# Bellowing Cow



## DenMacII (Aug 16, 2008)

Good Morning All,

At about 4AM our cow started bellowing. 

I checked the pasture and all was well - 3 month old calf was near by, she was grazing on fresh green pasture they moved onto the evening before and no sign of predators.

She kept right on going. 

A little after five I started tossing a flake of orchard grass into the pasture and she would stop long enough to eat that, then start right back up again.

We seem to be getting a little respite here at 9AM, but she doesn't stop for long. 

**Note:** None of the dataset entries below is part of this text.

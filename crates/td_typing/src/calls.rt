//! Selectors and components of user types.

ghost use Rattle.std.specs.Prelude.{◌≡◌, drop, MatchOption, None, Some};
ghost use Rattle.td_syntax.specs.declared.tree.Named as tree;
ghost use Rattle.td_schema.specs.Results.{Gives};
ghost use Rattle.td_schema.specs.Schemas.{component_named};
ghost use Rattle.td_typing.specs.ForProofs.Infer as spec;
ghost use Rattle.td_values.specs.declared.TypeKind as type_kind;

use crate::forms::typed;
use crate::parts::Operands;
use sqlite_items::Boxed;
use std::alloc::Global;
use td_schema::kinds::{same_kind, user_name};
use td_schema::{Schema, TypeError};
use td_syntax::tree::Named;
use td_typed_trees::tree::{Typed, Typing};
use td_values::{Name, TypeKind};

// Whether there are as many kinds as components, and they are the same.
#[tactic(auto, using(crate::proofs::PlaceLemmas::fit_ended))]
fn fit(kinds: &[TypeKind], components: &[Named<TypeKind>]) -> bool
    ensures { result ≡ spec.fit kinds.now components.now }
{
    let mut at = 0;
    while at < kinds.len() && at < components.len() {
        if !same_kind(&kinds[at], &components[at].value) {
            return false;
        }
        at += 1;
    }
    kinds.len() == components.len()
}

/// The selector of the possrep of this name.
#[tactic(auto, unfolding(crate::specs::ForProofs::Infer::selected))]
pub(crate) fn selected(
    alloc: Global,
    schema: &Schema,
    name: &Name,
    operands: Operands,
) -> Result<Typing, TypeError>
    ensures { Gives (spec.selected schema.now name.now operands) result }
{
    let Some((place, representation)) = schema.possrep(name) else {
        return Err(TypeError::IllTyped);
    };
    if !fit(
        operands.kinds.as_slice(),
        representation.components.as_slice(),
    ) {
        return Err(TypeError::IllTyped);
    }
    let kind = TypeKind::User(representation.possrep.ty().copy()?);
    Ok(typed(alloc, Typed::Select(place, operands.trees), kind)?)
}

// The name without its first four bytes.
fn behind_the(name: &Name) -> &[u8]
    ensures { result.now ≡ drop 4 name.now }
{
    let bytes = name.as_str().as_bytes();
    if bytes.len() < 4 { &[] } else { &bytes[4..] }
}

// The component of this name, with its place.
fn component_at<'a>(components: &'a [Named<TypeKind>], name: &[u8]) -> Option<(usize, &'a TypeKind)>
    ensures { MatchOption result (component_named components.now name.now ≡ None) (λ c. (f : tree.Named type_kind.TypeKind) × (component_named components.now name.now ≡ Some (c.0, f)) × (f.value ≡ c.1.now)) }
{
    let mut at = 0;
    while at < components.len() {
        if name.cmp(components[at].name.as_str().as_bytes()).is_eq() {
            return Some((at, &components[at].value));
        }
        at += 1;
    }
    None
}

// The component of a possrep that the name, which begins with THE_, asks for.
#[tactic(auto, unfolding(crate::specs::ForProofs::Infer::component_of_type))]
fn component_of_type(
    alloc: Global,
    components: &[Named<TypeKind>],
    name: &Name,
    tree: Boxed<Typed>,
) -> Result<Typing, TypeError>
    ensures { Gives (spec.component_of_type components.now (drop 4 name.now) tree) result }
{
    match component_at(components, behind_the(name)) {
        Some((place, kind)) => Ok(typed(alloc, Typed::Component(place, tree), kind.copy()?)?),
        None => Err(TypeError::IllTyped),
    }
}

/// THE_: the component of an operand of a user type. The name begins with THE_.
#[tactic(auto, unfolding(crate::specs::ForProofs::Infer::component_of))]
pub(crate) fn component_of(
    alloc: Global,
    schema: &Schema,
    name: &Name,
    a: Typing,
) -> Result<Typing, TypeError>
    ensures { Gives (spec.component_of schema.now (drop 4 name.now) a) result }
{
    let Some(user) = user_name(&a.kind) else {
        return Err(TypeError::IllTyped);
    };
    let Some((_, representation)) = schema.type_named(user) else {
        return Err(TypeError::IllTyped);
    };
    component_of_type(alloc, representation.components.as_slice(), name, a.tree)
}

Last night was cooler than the past few, so I don't think it was heat. Flies have been fairly moderate, but not active at 4AM, although at 4:15AM she was scratching her back under some low hanging oak branches. I have not seen her do this sense.

The only things I can think of are: The 3 month old calf is not nursing enough - would he be weening himself already? Could she be cycling and we need to AI today? What other possibilities could there be for her discomfort or concern?

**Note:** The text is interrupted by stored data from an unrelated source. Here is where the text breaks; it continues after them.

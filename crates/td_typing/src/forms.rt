//! What forms make of the typings of their operands.

ghost use Rattle.std.specs.Prelude.{◌≡◌, [], ◌∷◌, IfOk};
ghost use Rattle.td_schema.specs.Results.{Gives};
ghost use Rattle.td_schema.specs.Scopes.{visible};
ghost use Rattle.td_typed_trees.specs.declared.tree.Typed.TheVariants as t;
ghost use Rattle.td_typing.specs.ForProofs.Infer as spec;
ghost use Rattle.td_typing.specs.Trees as trees;

use sqlite_items::{Boxed, Items};
use std::alloc::{AllocError, Global};
use td_schema::forms::{
    from_kind, kind_heading, nested_heading, part_kind, renamed_kind, unnested_heading,
};
use td_schema::kinds::{is_boolean, relation_heading, same_kind};
use td_schema::lists::{attributes_of, pairs_of};
use td_schema::operators::{binary_kind, suits, unary_kind};
use td_schema::{Meant, Scope, TypeError};
use td_syntax::tree::{Aggregate, Attributes, BinaryOperator, Nesting, Renaming, UnaryOperator};
use td_tuples::Summary;
use td_typed_trees::tree::{Typed, Typing};
use td_values::{Heading, Name, TypeKind};

/// The tree with its kind.
pub fn typed(alloc: Global, tree: Typed, kind: TypeKind) -> Result<Typing, AllocError>
    ensures { IfOk result (λ x. x ≡ trees.typing tree kind) }
{
    Ok(Typing {
        tree: Boxed::new(alloc, tree)?,
        kind,
    })
}

// A relation without attributes, of these tuples.
fn of_no_attributes(alloc: Global, tuples: Items<Boxed<Typed>>) -> Result<Typing, AllocError>
    ensures { IfOk result (λ x. x ≡ spec.of_no_attributes tuples) }
{
    let heading = Heading::new(alloc)?;
    let kind = TypeKind::Relation(heading.copy()?);
    typed(alloc, Typed::Relation(heading, tuples), kind)
}

/// TABLE_DEE
pub(crate) fn table_dee(alloc: Global) -> Result<Typing, AllocError>
    ensures { IfOk result (λ x. x ≡ spec.of_no_attributes (t.Tuple [] ∷ [])) }
{
    let mut tuples = Items::new(alloc);
    tuples.push(Boxed::new(alloc, Typed::Tuple(Items::new(alloc)))?)?;
    of_no_attributes(alloc, tuples)
}

/// TABLE_DUM
pub(crate) fn table_dum(alloc: Global) -> Result<Typing, AllocError>
    ensures { IfOk result (λ x. x ≡ spec.of_no_attributes []) }
{
    of_no_attributes(alloc, Items::new(alloc))
}

/// What a name in scope means.
#[tactic(auto, unfolding(crate::specs::ForProofs::Infer::infer_name))]
pub fn named(alloc: Global, name: &Name, scope: &Scope) -> Result<Typing, TypeError>
    ensures { Gives (spec.infer_name name.now (visible scope.now)) result }
{
    match scope.find(name)? {
        Some(Meant::Local(kind)) => Ok(typed(alloc, Typed::Local(name.copy()?), kind)?),
        Some(Meant::Relvar(place, heading)) => {
            Ok(typed(alloc, Typed::Relvar(place), TypeKind::Relation(heading))?)
        }
        None => Err(TypeError::IllTyped),
    }
}

/// The operator over a typed operand; ill typed where the operator does not take an operand of that kind.
#[tactic(auto, unfolding(crate::specs::ForProofs::Infer::by_unary))]
pub fn by_unary(alloc: Global, operator: UnaryOperator, a: Typing) -> Result<Typing, TypeError>
    ensures { Gives (spec.by_unary operator a) result }
{
    let kind = unary_kind(operator, &a.kind)?;
    Ok(typed(alloc, Typed::Unary(operator, a.tree), kind)?)
}

/// The operator between two typed operands; ill typed where the operator does not take operands of these kinds.
#[tactic(auto, unfolding(crate::specs::ForProofs::Infer::by_binary))]
pub fn by_binary(
    alloc: Global,
    operator: BinaryOperator,
    a: Typing,
    b: Typing,
) -> Result<Typing, TypeError>
    ensures { Gives (spec.by_binary operator a b) result }
{
    let kind = binary_kind(alloc, operator, &a.kind, &b.kind)?;
    Ok(typed(alloc, Typed::Binary(operator, a.tree, b.tree), kind)?)
}

/// The attribute of a tuple.
#[tactic(auto, unfolding(crate::specs::ForProofs::Infer::by_from))]
pub(crate) fn by_from(alloc: Global, name: &Name, a: Typing) -> Result<Typing, TypeError>
    ensures { Gives (spec.by_from name.now a) result }
{
    let kind = from_kind(name, &a.kind)?;
    Ok(typed(alloc, Typed::From(name.copy()?, a.tree), kind)?)
}

/// The part of a relation or of a tuple.
#[tactic(auto, unfolding(crate::specs::ForProofs::Infer::by_project))]
pub(crate) fn by_project(
    alloc: Global,
    attributes: &Attributes,
    a: Typing,
) -> Result<Typing, TypeError>
    ensures { Gives (spec.by_project attributes.now a) result }
{
    let Some(heading) = kind_heading(&a.kind) else {
        return Err(TypeError::IllTyped);
    };
    let names = attributes_of(alloc, attributes, heading)?;
    let kind = part_kind(alloc, names.as_slice(), &a.kind)?;
    Ok(typed(alloc, Typed::Project(a.tree, names), kind)?)
}

/// RENAME of a relation; ill typed where the operand's kind does not bear these renamings.
#[tactic(auto, unfolding(crate::specs::ForProofs::Infer::by_rename))]
pub(crate) fn by_rename(
    alloc: Global,
    renamings: &[Renaming],
    a: Typing,
) -> Result<Typing, TypeError>
    ensures { Gives (spec.by_rename renamings.now a) result }
{
    let items = pairs_of(alloc, renamings)?;
    let kind = renamed_kind(alloc, items.as_slice(), &a.kind)?;
    Ok(typed(alloc, Typed::Rename(a.tree, items), kind)?)
}

// GROUP and WRAP of these names.
#[tactic(auto, unfolding(crate::specs::ForProofs::Infer::nested))]
fn nested(
    alloc: Global,
    nesting: Nesting,
    names: Items<Name>,
    name: &Name,
    heading: &Heading,
    tree: Boxed<Typed>,
) -> Result<Typing, TypeError>
    ensures { Gives (spec.nested nesting names name.now heading.now tree) result }
{
    let kind = TypeKind::Relation(nested_heading(alloc, nesting, names.as_slice(), name, heading)?);
    Ok(typed(alloc, Typed::Nest(nesting, tree, names, name.copy()?), kind)?)
}

/// GROUP and WRAP
#[tactic(auto, unfolding(crate::specs::ForProofs::Infer::by_nest))]
pub(crate) fn by_nest(
    alloc: Global,
    nesting: Nesting,
    attributes: &Attributes,
    name: &Name,
    a: Typing,
) -> Result<Typing, TypeError>
    ensures { Gives (spec.by_nest nesting attributes.now name.now a) result }
{
    let Typing { tree, kind } = a;
    let Some(heading) = relation_heading(&kind) else {
        return Err(TypeError::IllTyped);
    };
    let names = attributes_of(alloc, attributes, heading)?;
    nested(alloc, nesting, names, name, heading, tree)
}

/// UNGROUP and UNWRAP
#[tactic(auto, unfolding(crate::specs::ForProofs::Infer::by_unnest))]
pub(crate) fn by_unnest(
    alloc: Global,
    nesting: Nesting,
    name: &Name,
    a: Typing,
) -> Result<Typing, TypeError>
    ensures { Gives (spec.by_unnest nesting name.now a) result }
{
    let Some(heading) = relation_heading(&a.kind) else {
        return Err(TypeError::IllTyped);
    };
    let kind = TypeKind::Relation(unnested_heading(alloc, nesting, name, heading)?);
    Ok(typed(alloc, Typed::Unnest(nesting, a.tree, name.copy()?), kind)?)
}

/// The summary that computes this aggregate of the term over each group.
pub(crate) fn summary_of(aggregate: Aggregate, term: Boxed<Typed>) -> Summary<Boxed<Typed>>
    ensures { result ≡ trees.summary_of aggregate term }
{
    match aggregate {
        Aggregate::Sum => Summary::Sum(term),
        Aggregate::Max => Summary::Max(term),
        Aggregate::Min => Summary::Min(term),
        Aggregate::And => Summary::And(term),
        Aggregate::Or => Summary::Or(term),
    }
}

/// An aggregate of a term over a relation.
#[tactic(auto, unfolding(crate::specs::ForProofs::Infer::aggregated))]
pub(crate) fn aggregated(
    alloc: Global,
    aggregate: Aggregate,
    relation: Boxed<Typed>,
    term: Typing,
) -> Result<Typing, TypeError>
    ensures { Gives (spec.aggregated aggregate relation term) result }
{
    if !suits(aggregate, &term.kind) {
        return Err(TypeError::IllTyped);
    }
    let tree = Typed::Aggregate(relation, summary_of(aggregate, term.tree));
    Ok(typed(alloc, tree, term.kind)?)
}

// The one attribute of a heading, as a term.
#[tactic(auto, unfolding(crate::specs::ForProofs::Infer::lone_term))]
fn lone_term(alloc: Global, heading: &Heading) -> Result<Typing, TypeError>
    ensures { Gives (spec.lone_term heading.now) result }
{
    match heading.fields() {
        [(name, ty)] => Ok(typed(alloc, Typed::Local(name.copy()?), ty.kind.copy()?)?),
        _ => Err(TypeError::IllTyped),
    }
}

/// An aggregate over a relation of one attribute, which is the term.
#[tactic(auto, unfolding(crate::specs::ForProofs::Infer::by_lone))]
pub(crate) fn by_lone(alloc: Global, aggregate: Aggregate, a: Typing) -> Result<Typing, TypeError>
    ensures { Gives (spec.by_lone aggregate a) result }
{
    let Some(heading) = relation_heading(&a.kind) else {
        return Err(TypeError::IllTyped);
    };
    let term = lone_term(alloc, heading)?;
    aggregated(alloc, aggregate, a.tree, term)
}

/// The tree of a condition.
#[tactic(auto, unfolding(crate::specs::ForProofs::Infer::truth_tree))]
pub(crate) fn truth_tree(a: Typing) -> Result<Boxed<Typed>, TypeError>
    ensures { Gives (spec.truth_tree a) result }
{
    if !is_boolean(&a.kind) {
        return Err(TypeError::IllTyped);
    }
    Ok(a.tree)
}

/// IF, with the tree of its condition.
#[tactic(auto, unfolding(crate::specs::ForProofs::Infer::chosen))]
pub(crate) fn chosen(
    alloc: Global,
    condition: Boxed<Typed>,
    a: Typing,
    b: Typing,
) -> Result<Typing, TypeError>
    ensures { Gives (spec.chosen condition a b) result }
{
    if !same_kind(&a.kind, &b.kind) {
        return Err(TypeError::IllTyped);
    }
    Ok(typed(alloc, Typed::If(condition, a.tree, b.tree), a.kind)?)
}

/// WHERE
#[tactic(auto, unfolding(crate::specs::ForProofs::Infer::restricted))]
pub fn restricted(alloc: Global, relation: Typing, condition: Typing) -> Result<Typing, TypeError>
    ensures { Gives (spec.restricted relation condition) result }
{
    if !is_boolean(&condition.kind) {
        return Err(TypeError::IllTyped);
    }
    let tree = Typed::Where(relation.tree, condition.tree);
    Ok(typed(alloc, tree, relation.kind)?)
}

Any and all thoughts here would be greatly appreciated.


----------



## cowkeeper (Feb 17, 2007)

If there is plenty of food and water, and the calf is nearby, then she is probably coming into heat. Make sure that the calf IS nursing, because if the calf is "off" and not wanting to nurse, that will cause the cow to bawl as she knows something is wrong. Unlikely a three month old would be weaning itself - is her udder fuller than usual? If coming into heat, her inside of vulva will be pinker rather than a pale salmon color, she will have some clear slime, and (if no other cows are available) she might start 'chinning' or attempting to ride the calf. She will also be more restless, pacing, looking for a bull.ck


----------



## ksfarmer (Apr 28, 2007)

DenMacII said:


> Good Morning All,
> 
> At about 4AM our cow started bellowing.
> 
> ...


I would guess this is the problem. Are they alone? Were any other cattle nearby where they were before? Probably jus the change in pasture, she may be feeling lost. Possibly going into heat tho.


----------



## DenMacII (Aug 16, 2008)

We have three total head - the cow, her calf, and a 16 month old steer. They are moved together and have been in this pasture several times - about every 6 weeks.

I was thinking she might be coming into heat, but the steer has not become frisky with her.

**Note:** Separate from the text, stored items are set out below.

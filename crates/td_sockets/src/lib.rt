//! Links to sites of other programs, over TCP.
//!
//! Begin with `TcpLinks`.
//!
//! ```
//! let mut links = TcpLinks::new(&rt);
//! let called = links.call(alloc, address)?;
//! let served = links.serve(alloc, address)?;
//! ```
//!
//! Costs: `call` waits for 30 seconds at most, and `serve` without a limit. A read or write waits for 30 seconds at
//! most, and all of them together for 30 seconds and one more for each KiB that was moved.
//!
//! td_sockets knows addresses and TCP, and no site: `TcpLinks` is `Links`, and a stream is a link as td_io has it.
#![tactic(auto)]

mod paced;
mod tcp;

pub use paced::Paced;
pub use tcp::{TcpLinks, accept_on};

Her udder might be a little more full than normal - but nowhere near FULL. I've watched the calf nurse a few times this morning and it seems like he is coming off quicker than usual. I assumed that this was more due to her fussiness, than him not wanting to nurse. He is more content to graze than put the work in trying to nurse with his mother

She has made more efforts to scratch her back under the low hanging oak branches. I've put some spray on her to keep the flies down, but I don't think they are the issue.

I need to get her calm by tonight, or my neighbors won't be talking to us for a while. 

Please keep the insight coming!!! Thanks, Dennis


----------



## Ronney (Nov 26, 2004)

I too would say she is coming into heat - the noise can be a bit disconcerting if you haven't come across it before, and not all cows make a performance out of it. The fact that your steer isn't taking much notice of her doesn't mean much either - some do and some don't.

I'm afraid that if she is coming into heat, you and your neighbours could have to put up with her for anything up to three days. The joys of farming

Cheers,
Ronnie


----------



## Jennifer L. (May 10, 2002)

She's in heat. Cows don't bellow for too many reasons. If their calf is right where they can get to it, and the rest of the herd hasn't gotten out and left them inside the fence by accident ("Hey! Where did everyone go? How did you guys get out? I want to come, too!", that pretty much leaves she's in heat. 

Jennifer


----------



## BlackWillowFarm (Mar 24, 2008)

My vote is she's in heat. Start keeping track of them so you'll know when she's coming in again. It'll be helpful when it comes time to breed her.


----------



## DenMacII (Aug 16, 2008)

Thanks for all the insight. 

My AI guy came out late Sunday to check on her. He noticed right away she wasn't in heat, but thinks we probably just missed it. So I've marked the calendar, will be counting days and watching her more closely. Hopefully we will catch her next time.

Thanks again!


----------